> [What the exercise asks]: Word for word, transcribe the material below from its first line to the line with "#![tactic(auto)]", both included.

━━━━━━━━━━

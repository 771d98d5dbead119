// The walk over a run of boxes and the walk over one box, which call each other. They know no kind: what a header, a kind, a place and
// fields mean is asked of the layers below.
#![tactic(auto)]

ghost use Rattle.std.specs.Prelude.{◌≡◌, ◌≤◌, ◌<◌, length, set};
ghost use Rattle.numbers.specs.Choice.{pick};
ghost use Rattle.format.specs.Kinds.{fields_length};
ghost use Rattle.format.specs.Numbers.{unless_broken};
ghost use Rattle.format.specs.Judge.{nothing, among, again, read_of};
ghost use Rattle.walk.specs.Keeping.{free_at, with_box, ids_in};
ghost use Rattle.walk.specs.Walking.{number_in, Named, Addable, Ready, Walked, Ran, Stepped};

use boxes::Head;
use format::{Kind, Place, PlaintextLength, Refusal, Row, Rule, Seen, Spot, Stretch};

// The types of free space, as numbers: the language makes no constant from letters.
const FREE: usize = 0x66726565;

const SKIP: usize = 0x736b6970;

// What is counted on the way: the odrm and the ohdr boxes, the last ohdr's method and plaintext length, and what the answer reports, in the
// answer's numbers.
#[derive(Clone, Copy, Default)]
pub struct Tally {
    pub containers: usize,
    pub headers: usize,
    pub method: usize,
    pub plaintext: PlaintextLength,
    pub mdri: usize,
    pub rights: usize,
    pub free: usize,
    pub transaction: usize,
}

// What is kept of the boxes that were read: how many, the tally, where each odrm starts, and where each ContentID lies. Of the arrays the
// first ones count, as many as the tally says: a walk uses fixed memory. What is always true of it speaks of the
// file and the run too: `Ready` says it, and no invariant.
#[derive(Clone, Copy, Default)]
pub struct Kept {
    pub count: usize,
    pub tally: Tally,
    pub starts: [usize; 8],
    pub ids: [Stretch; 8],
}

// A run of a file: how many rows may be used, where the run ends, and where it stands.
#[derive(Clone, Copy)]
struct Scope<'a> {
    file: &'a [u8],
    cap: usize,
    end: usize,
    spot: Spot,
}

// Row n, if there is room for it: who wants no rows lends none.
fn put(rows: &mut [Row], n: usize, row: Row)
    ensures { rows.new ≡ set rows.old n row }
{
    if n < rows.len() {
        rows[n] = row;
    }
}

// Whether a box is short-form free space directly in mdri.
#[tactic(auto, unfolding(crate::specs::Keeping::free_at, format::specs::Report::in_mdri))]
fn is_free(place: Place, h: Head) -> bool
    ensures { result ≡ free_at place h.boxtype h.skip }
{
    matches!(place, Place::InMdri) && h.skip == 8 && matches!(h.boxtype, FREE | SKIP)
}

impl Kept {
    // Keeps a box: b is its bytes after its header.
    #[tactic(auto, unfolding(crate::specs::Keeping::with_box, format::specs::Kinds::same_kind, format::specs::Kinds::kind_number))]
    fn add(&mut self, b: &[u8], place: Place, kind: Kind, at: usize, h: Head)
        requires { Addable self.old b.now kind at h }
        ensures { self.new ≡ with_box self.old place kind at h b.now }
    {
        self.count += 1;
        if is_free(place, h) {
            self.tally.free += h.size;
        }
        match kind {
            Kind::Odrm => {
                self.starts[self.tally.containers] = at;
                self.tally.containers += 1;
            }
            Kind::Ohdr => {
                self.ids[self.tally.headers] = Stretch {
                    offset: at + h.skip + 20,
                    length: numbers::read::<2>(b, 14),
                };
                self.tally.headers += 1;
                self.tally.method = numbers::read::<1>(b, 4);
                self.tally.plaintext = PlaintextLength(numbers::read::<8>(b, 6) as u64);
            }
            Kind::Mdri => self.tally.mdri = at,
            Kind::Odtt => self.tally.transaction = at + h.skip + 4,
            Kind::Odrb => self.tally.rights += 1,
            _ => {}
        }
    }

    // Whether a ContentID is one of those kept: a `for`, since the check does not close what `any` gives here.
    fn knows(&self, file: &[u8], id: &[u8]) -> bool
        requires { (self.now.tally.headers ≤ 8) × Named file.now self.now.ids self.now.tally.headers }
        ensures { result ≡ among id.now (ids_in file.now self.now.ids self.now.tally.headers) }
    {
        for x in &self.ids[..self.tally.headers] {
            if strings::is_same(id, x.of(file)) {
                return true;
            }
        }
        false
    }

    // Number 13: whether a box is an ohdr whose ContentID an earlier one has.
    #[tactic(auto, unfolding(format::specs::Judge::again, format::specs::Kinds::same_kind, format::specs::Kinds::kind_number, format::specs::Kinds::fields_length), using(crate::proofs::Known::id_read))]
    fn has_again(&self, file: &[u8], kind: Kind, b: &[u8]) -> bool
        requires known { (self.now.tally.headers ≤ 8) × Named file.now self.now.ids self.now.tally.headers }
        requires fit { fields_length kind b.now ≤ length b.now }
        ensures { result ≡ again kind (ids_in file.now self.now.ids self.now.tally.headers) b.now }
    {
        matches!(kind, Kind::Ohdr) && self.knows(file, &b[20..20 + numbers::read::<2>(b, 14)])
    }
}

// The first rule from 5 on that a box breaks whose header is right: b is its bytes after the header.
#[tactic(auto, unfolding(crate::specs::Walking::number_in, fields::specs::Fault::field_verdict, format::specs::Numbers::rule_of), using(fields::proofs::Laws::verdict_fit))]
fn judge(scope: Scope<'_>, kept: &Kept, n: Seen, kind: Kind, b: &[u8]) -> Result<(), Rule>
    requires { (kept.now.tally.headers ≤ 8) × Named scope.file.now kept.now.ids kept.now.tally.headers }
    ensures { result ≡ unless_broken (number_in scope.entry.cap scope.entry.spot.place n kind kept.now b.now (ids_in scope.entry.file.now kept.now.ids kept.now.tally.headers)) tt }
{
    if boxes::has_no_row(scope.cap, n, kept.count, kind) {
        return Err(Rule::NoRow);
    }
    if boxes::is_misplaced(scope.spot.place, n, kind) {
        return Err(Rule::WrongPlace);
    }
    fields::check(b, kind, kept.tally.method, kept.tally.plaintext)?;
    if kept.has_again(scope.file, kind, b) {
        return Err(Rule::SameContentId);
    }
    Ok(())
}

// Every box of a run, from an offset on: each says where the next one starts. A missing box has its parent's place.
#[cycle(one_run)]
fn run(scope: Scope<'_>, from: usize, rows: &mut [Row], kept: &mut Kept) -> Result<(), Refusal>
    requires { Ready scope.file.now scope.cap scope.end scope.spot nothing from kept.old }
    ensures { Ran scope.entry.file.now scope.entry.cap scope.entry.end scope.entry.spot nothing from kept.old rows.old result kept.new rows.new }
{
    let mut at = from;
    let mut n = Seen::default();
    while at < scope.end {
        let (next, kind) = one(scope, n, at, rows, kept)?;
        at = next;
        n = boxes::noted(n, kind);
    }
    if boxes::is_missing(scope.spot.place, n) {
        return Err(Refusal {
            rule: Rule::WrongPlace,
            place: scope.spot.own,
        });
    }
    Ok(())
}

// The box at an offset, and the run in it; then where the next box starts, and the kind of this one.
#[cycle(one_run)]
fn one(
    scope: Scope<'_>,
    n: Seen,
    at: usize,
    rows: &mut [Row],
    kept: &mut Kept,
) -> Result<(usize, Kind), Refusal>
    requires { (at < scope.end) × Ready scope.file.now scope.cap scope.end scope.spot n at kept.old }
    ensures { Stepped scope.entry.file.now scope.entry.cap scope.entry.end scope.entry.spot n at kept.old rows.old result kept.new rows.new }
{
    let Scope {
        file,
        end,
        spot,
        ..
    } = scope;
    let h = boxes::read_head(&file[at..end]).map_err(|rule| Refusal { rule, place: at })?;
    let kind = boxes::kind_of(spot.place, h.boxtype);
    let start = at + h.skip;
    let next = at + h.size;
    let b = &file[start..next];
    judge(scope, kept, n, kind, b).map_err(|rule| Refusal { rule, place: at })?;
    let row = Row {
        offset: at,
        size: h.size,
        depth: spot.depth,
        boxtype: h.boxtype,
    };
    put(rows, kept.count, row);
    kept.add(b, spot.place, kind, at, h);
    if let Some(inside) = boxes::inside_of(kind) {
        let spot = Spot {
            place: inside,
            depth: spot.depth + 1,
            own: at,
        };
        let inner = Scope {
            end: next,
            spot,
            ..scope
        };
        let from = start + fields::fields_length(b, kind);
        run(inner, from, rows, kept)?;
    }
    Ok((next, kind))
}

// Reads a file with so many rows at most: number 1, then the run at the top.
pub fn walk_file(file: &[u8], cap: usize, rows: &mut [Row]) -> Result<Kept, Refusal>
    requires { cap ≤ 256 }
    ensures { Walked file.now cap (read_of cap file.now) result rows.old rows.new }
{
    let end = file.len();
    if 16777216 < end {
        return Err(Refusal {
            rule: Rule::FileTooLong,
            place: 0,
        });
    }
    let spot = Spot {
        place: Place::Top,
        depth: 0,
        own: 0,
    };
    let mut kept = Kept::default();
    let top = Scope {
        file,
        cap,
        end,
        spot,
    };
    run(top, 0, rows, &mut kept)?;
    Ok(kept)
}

━━━━━━━━━━

> [Result of this exercise]:
repository 771d98d5dbead119
// The walk over a run of boxes and the walk over one box, which call each other. They know no kind: what a header, a kind, a place and
// fields mean is asked of the layers below.
#![tactic(auto)]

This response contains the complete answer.